司马阔朝他看去,谦逊问道:“何处不妥?”

“谢卓与睿王乃一丘之貉,殿下与他一路,万一他起了歹念,那就危险了。”

司马阔想了想,嗤笑一声:“他坐镇中军,大司马与桓将军各领左右两路大军,我只要不跟着中军出行,离他远一些便是。”

众人沉思片刻,觉得倒也可行,毕竟还有大司马在,谢卓即便想做什么也没那么容易,但总觉得以身涉险并非上上之策。

旁边一名幕僚捻了捻颌下微须,慢吞吞道:“属下倒是觉得,不妨将立功的机会留给睿王。”

“嗯?”众人齐齐看向他,面露疑惑。

司马阔眉梢微动,似是想到了什么,突然笑起来:“睿王那身子骨,也不知经不经得起日夜行军的颠簸。”

这么一说,气氛陡然轻快,众人或低沉或豪爽地笑起来,俱是一脸鄙夷。

“不错!”一人高兴地拍了下案几,兴奋道,“皇上正愁睿王的威望不够服众,咱们就推他一把!”

翌日早朝,皇帝再提立太子一事,显然因为昨日生生被打断而心有不甘。

朝堂上的形势并未有太多变化,除了又多出两人表示支持外,反对的人则反对之声更为激烈,且紧咬住“睿王德才不显,声望不足”这一条。

就在皇帝头痛不已时,有人建议道:“秦国能统一北方所有胡人部族,其骁勇善战之名早已深入人心,如今我大晋将士要与秦人决一死战,军心士气乃重中之重。臣以为,由睿王殿下代天子亲征,由此鼓舞三军士气,必能大获全胜!”

王述之听得心头一跳,不着痕迹地朝那人瞄了一眼,一看果然是毅王手中的棋子,恨得直在肚子里骂娘。

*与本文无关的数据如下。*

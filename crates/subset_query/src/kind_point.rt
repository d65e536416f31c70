// Points that are the values of one kind.
ghost use Rattle.std.specs.Prelude.{◌≡◌, IfOk, IfNone, IfSome, false, refl};
ghost use Rattle.std.specs.declared.cmp.Ordering.{Ordering};
ghost use Rattle.std.specs.declared.cmp.Ordering.TheVariants.{Less, Greater};
ghost use Rattle.std.specs.Ordering.{is_eq, is_lt};
ghost use Rattle.cite_schema.specs.Values.{value_cmp};
ghost use Rattle.cite_schema.specs.Conditions.{begins_with};
ghost use Rattle.cite_schema.specs.declared.value.Value.{Value as Cell};
ghost use Rattle.cite_schema.specs.declared.value.Value.TheVariants.{Int, Text};
ghost use Rattle.interval_normal.specs.Spans.{has};

use cite_schema::{ByteText, NoMemory, Value};
use interval_normal::{Point, Set, prefix_set};
use std::alloc::Global;

/// Points that are the values of one kind. A value of the other kind comes before or after all of them.
pub trait KindPoint: Point {
    /// The value that a point is.
    ghost cell: { Self → Cell };

    /// How a point compares with each value of the other kind.
    ghost beside: { Ordering };

    /// The point that a value is, or `None` where the value is of the other kind. It takes no memory.
    fn point_of(value: &Value) -> Option<&Self>
        ensures found { IfSome result (λ p. value.now ≡ cell p.now) }
        ensures other { IfNone result ((x : Self) → value_cmp (cell x) value.now ≡ beside) };

    /// Whether the points come before the values of the other kind. It takes no memory.
    fn comes_first() -> bool
        ensures { result ≡ is_lt beside };

    /// The points that begin with the bytes.
    fn prefix_set(alloc: Global, prefix: &ByteText) -> Result<Set<Self>, NoMemory>
        ensures { IfOk result (λ set. (x : Self) → Self.valid x → has Self.cmp set x ≡ begins_with prefix.now (cell x)) };

    /// The order of points is that of values.
    ghost as_values: { (x y : Self) → value_cmp (cell x) (cell y) ≡ Self.cmp x y };

    /// No point equals a value of the other kind.
    ghost apart: { is_eq beside ≡ false };
}

impl KindPoint for i64 {
    ghost cell = { λ z. Int z };

    ghost beside = { Less };

    fn point_of(value: &Value) -> Option<&i64> {
        match value {
            Value::Int(number) => Some(number),
            Value::Text(_) => None,
        }
    }

    fn comes_first() -> bool {
        true
    }

    fn prefix_set(alloc: Global, _prefix: &ByteText) -> Result<Set<i64>, NoMemory> {
        Ok(Set::empty(alloc))
    }

    ghost as_values = { λ x y. refl };

    ghost apart = { refl };
}

impl KindPoint for ByteText {
    ghost cell = { λ t. Text t };

    ghost beside = { Greater };

    fn point_of(value: &Value) -> Option<&ByteText> {
        match value {
            Value::Int(_) => None,
            Value::Text(text) => Some(text),
        }
    }

    fn comes_first() -> bool {
        false
    }

    fn prefix_set(alloc: Global, prefix: &ByteText) -> Result<Set<ByteText>, NoMemory> {
        prefix_set(alloc, prefix)
    }

    ghost as_values = { λ x y. refl };

    ghost apart = { refl };
}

什么叫“必能大获全胜”?若万一出点岔子难不成还是晏清的过错了?更何况……代天子亲征,多数时候坐在马车内,关键时候却需要骑马,可晏清连骑马都生疏得很啊啊啊!

额头青筋直跳的王述之顾不得考虑此事究竟利大于弊还是弊大于利,只要想到有万分之一碰到危险的可能性,就恨不得将提议之人抓过来生啖其肉。

脑中迅速转了几圈,始终找不到合理的说辞来反驳此提议,王述之头痛不已,正准备硬着头皮反驳,一抬头却见皇帝双目微微闪着亮光。

皇帝显然觉得此提议再好不过,不仅能鼓舞士气,更能给司马嵘立威,一举两得,而且……

“哈哈哈!”皇帝大笑出声,心情愉悦至极,点头道,“如此甚好!不过,皇子代天子亲征还不足以鼓舞士气,朕决定即刻立睿王为太子!太子乃国之储君,不日即随大军出发,代替朕坐镇北伐大军!”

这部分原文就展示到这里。